Ahhh okay so same function under the hood but a different name to avoid confusion. Thanks for pointing me in the right direction!

So presumably the interpolation function still uses transposed convolution to upscale images and simply performs convolution to downsample?

Oli · March 28, 2019, 9:54am

Welcome I don’t think the upscale ever did transposed convolution. I’m guessing it just interpolated to upscale but could be wrong. There is something called ConvTranspose2d for that now though.

justusschock · March 28, 2019, 9:56am

Yeah, it certainly only does interpolation without any learning. You can choose the interpolation mode.
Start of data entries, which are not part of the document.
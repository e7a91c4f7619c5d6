//! The fields of a call line.
ghost use Rattle.std.specs.Prelude.{◌≡◌};
ghost use Rattle.sf_types.specs.declared.limits.TheConstants.{ROW_NAME_BYTES, LOCATOR_NAME_BYTES};
ghost use Rattle.sf_types.specs.Values.Names.{name_of};
ghost use Rattle.sf_script_calls.specs.Calls.{locator_at, row_at, number_at, two_numbers_of, three_numbers_of, number_payload_of};
ghost use Rattle.sf_script_calls.specs.Reads.{Reads};
ghost use Rattle.sf_script_calls.specs.Numbers.{number_of};
ghost use Rattle.sf_script_calls.specs.Payloads.{payload_of};
ghost use Rattle.sf_script_calls.specs.Views.{payload_view};
ghost use Rattle.sf_script_calls.specs.Words.{word_at};

use crate::payload::SpelledPayload;
use crate::unread::Unread;
use crate::{number, payload, words};
use sf_types::{LocName, Name};
use std::alloc::Global;

// A word that a space ends, and what stands behind the space.
pub fn word_at(text: &[u8]) -> Result<(&[u8], &[u8]), Unread>
    ensures { Reads (λ x. (x.0.now, x.1.now)) result (word_at text.now) }
{
    match words::word_at(text) {
        Some((word, rest)) => Ok((word, rest)),
        None => Err(Unread::NoForm),
    }
}

// A row's name.
pub fn row_of(alloc: Global, text: &[u8]) -> Result<Name, Unread>
    ensures { Reads (λ name. name) result (name_of ROW_NAME_BYTES text.now) }
{
    match Name::new(alloc, text)? {
        Some(name) => Ok(name),
        None => Err(Unread::NoForm),
    }
}

// A locator's name.
pub fn locator_of(alloc: Global, text: &[u8]) -> Result<LocName, Unread>
    ensures { Reads (λ name. name) result (name_of LOCATOR_NAME_BYTES text.now) }
{
    match LocName::new(alloc, text)? {
        Some(name) => Ok(name),
        None => Err(Unread::NoForm),
    }
}

// A number.
pub fn number_of(text: &[u8]) -> Result<u64, Unread>
    ensures { Reads (λ number. number) result (number_of text.now) }
{
    match number::number_of(text) {
        Some(number) => Ok(number),
        None => Err(Unread::NoForm),
    }
}

// A payload.
pub fn payload_of(text: &[u8]) -> Result<SpelledPayload<'_>, Unread>
    ensures { Reads payload_view result (payload_of text.now) }
{
    match payload::payload_of(text) {
        Some(payload) => Ok(payload),
        None => Err(Unread::NoForm),
    }
}

// A row's name that a space ends.
#[tactic(auto, unfolding(crate::specs::Calls::row_at))]
pub fn row_at(alloc: Global, text: &[u8]) -> Result<(Name, &[u8]), Unread>
    ensures { Reads (λ x. (x.0, x.1.now)) result (row_at text.now) }
{
    let (word, rest) = word_at(text)?;
    let name = row_of(alloc, word)?;
    Ok((name, rest))
}

// A locator's name that a space ends.
#[tactic(auto, unfolding(crate::specs::Calls::locator_at))]
pub fn locator_at(alloc: Global, text: &[u8]) -> Result<(LocName, &[u8]), Unread>
    ensures { Reads (λ x. (x.0, x.1.now)) result (locator_at text.now) }
{
    let (word, rest) = word_at(text)?;
    let name = locator_of(alloc, word)?;
    Ok((name, rest))
}

// A number that a space ends.
#[tactic(auto, unfolding(crate::specs::Calls::number_at))]
pub fn number_at(text: &[u8]) -> Result<(u64, &[u8]), Unread>
    ensures { Reads (λ x. (x.0, x.1.now)) result (number_at text.now) }
{
    let (word, rest) = word_at(text)?;
    let number = number_of(word)?;
    Ok((number, rest))
}

// Two numbers.
#[tactic(auto, unfolding(crate::specs::Calls::two_numbers_of))]
pub fn two_numbers_of(text: &[u8]) -> Result<(u64, u64), Unread>
    ensures { Reads (λ x. x) result (two_numbers_of text.now) }
{
    let (first, rest) = number_at(text)?;
    let second = number_of(rest)?;
    Ok((first, second))
}

// Three numbers.
#[tactic(auto, unfolding(crate::specs::Calls::three_numbers_of))]
pub fn three_numbers_of(text: &[u8]) -> Result<(u64, u64, u64), Unread>
    ensures { Reads (λ x. x) result (three_numbers_of text.now) }
{
    let (first, rest) = number_at(text)?;
    let (second, third) = two_numbers_of(rest)?;
    Ok((first, second, third))
}

// A number and a payload.
#[tactic(auto, unfolding(crate::specs::Calls::number_payload_of))]
pub fn number_payload_of(text: &[u8]) -> Result<(u64, SpelledPayload<'_>), Unread>
    ensures { Reads (λ x. (x.0, payload_view x.1)) result (number_payload_of text.now) }
{
    let (number, rest) = number_at(text)?;
    let payload = payload_of(rest)?;
    Ok((number, payload))
}
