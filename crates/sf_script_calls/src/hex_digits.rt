//! Hex digits.
ghost use Rattle.std.specs.Prelude.{◌≡◌, ◌<◌, IsTrue, IfOk, length};
ghost use Rattle.std.specs.List.{list_all};
ghost use Rattle.sf_script_calls.specs.Payloads.{is_hex_digit, hex_value, hex_byte, hex_bytes};

use crate::number::is_digit;
use sf_types::Mem;
use std::alloc::Global;

/// Pairs of hex digits `0-9a-f` in a line.
#[derive(Clone, Copy)]
pub struct HexDigits<'a> {
    digits: &'a [u8],
    ghost are_hex: { IsTrue (list_all is_hex_digit digits.now) },
}

// Whether a byte is a hex digit.
pub fn is_hex_digit(byte: u8) -> bool
    ensures { result ≡ is_hex_digit byte }
{
    is_digit(byte) || matches!(byte, b'a'..=b'f')
}

// The value of a hex digit.
fn hex_value(digit: u8) -> u8
    requires { IsTrue (is_hex_digit digit) }
    ensures value { result ≡ hex_value digit }
    ensures below { result < 16 }
{
    if is_digit(digit) {
        digit - b'0'
    } else {
        digit - 87
    }
}

// The byte of two hex digits.
pub fn hex_byte(high: u8, low: u8) -> u8
    requires high { IsTrue (is_hex_digit high) }
    requires low { IsTrue (is_hex_digit low) }
    ensures { result ≡ hex_byte high low }
{
    16 * hex_value(high) + hex_value(low)
}

// Whether each byte is a hex digit.
pub fn are_hex_digits(bytes: &[u8]) -> bool
    ensures { result ≡ list_all is_hex_digit bytes.now }
{
    bytes.iter().all(|byte| is_hex_digit(*byte))
}

impl<'a> HexDigits<'a> {
    // Digits that are hex digits.
    pub(crate) fn new(digits: &'a [u8]) -> HexDigits<'a>
        requires { IsTrue (list_all is_hex_digit digits.now) }
        ensures { result.digits.now ≡ digits.now }
    {
        HexDigits { digits }
    }

    // The number of the bytes that the digits spell.
    pub(crate) fn byte_count(self) -> u64
        ensures { result ≡ length (hex_bytes self.entry.digits.now) }
    {
        self.digits.len() as u64 / 2
    }

    // The bytes that the digits spell.
    pub(crate) fn bytes(self, alloc: Global) -> Mem<Vec<u8>>
        ensures { IfOk result (λ bytes. bytes.items ≡ hex_bytes self.entry.digits.now) }
    {
        hex_bytes(alloc, self.digits)
    }
}

// The bytes that hex digits spell.
fn hex_bytes(alloc: Global, digits: &[u8]) -> Mem<Vec<u8>>
    requires { IsTrue (list_all is_hex_digit digits.now) }
    ensures { IfOk result (λ bytes. bytes.items ≡ hex_bytes digits.now) }
{
    let mut bytes = Vec::new(alloc);
    let mut rest = digits;
    while let [high, low, after @ ..] = rest {
        bytes.push(hex_byte(*high, *low))?;
        rest = after;
    }
    Ok(bytes)
}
If you need learnable interpolation, conv(transpose) or the grid_sample (maybe along with the affine_grid fn) could be a way to go.

spacemeerkat · March 28, 2019, 9:59am

That’s okay then, I’ve been using ConvTranspose2d (as mentioned by @Oli) for upsampling in a learnable fashion in networks but for simple rescaling of images before feeding them to a model interpolation seems to be fine.

spacemeerkat · March 28, 2019, 10:00am

Interpolating for downscaling is still a little strange in my mind…would this be a simple convolution/max pooling style operation?

justusschock · March 28, 2019, 10:02am

Not like maxpooling, but probably (depending on your interpolation type) like average pooling.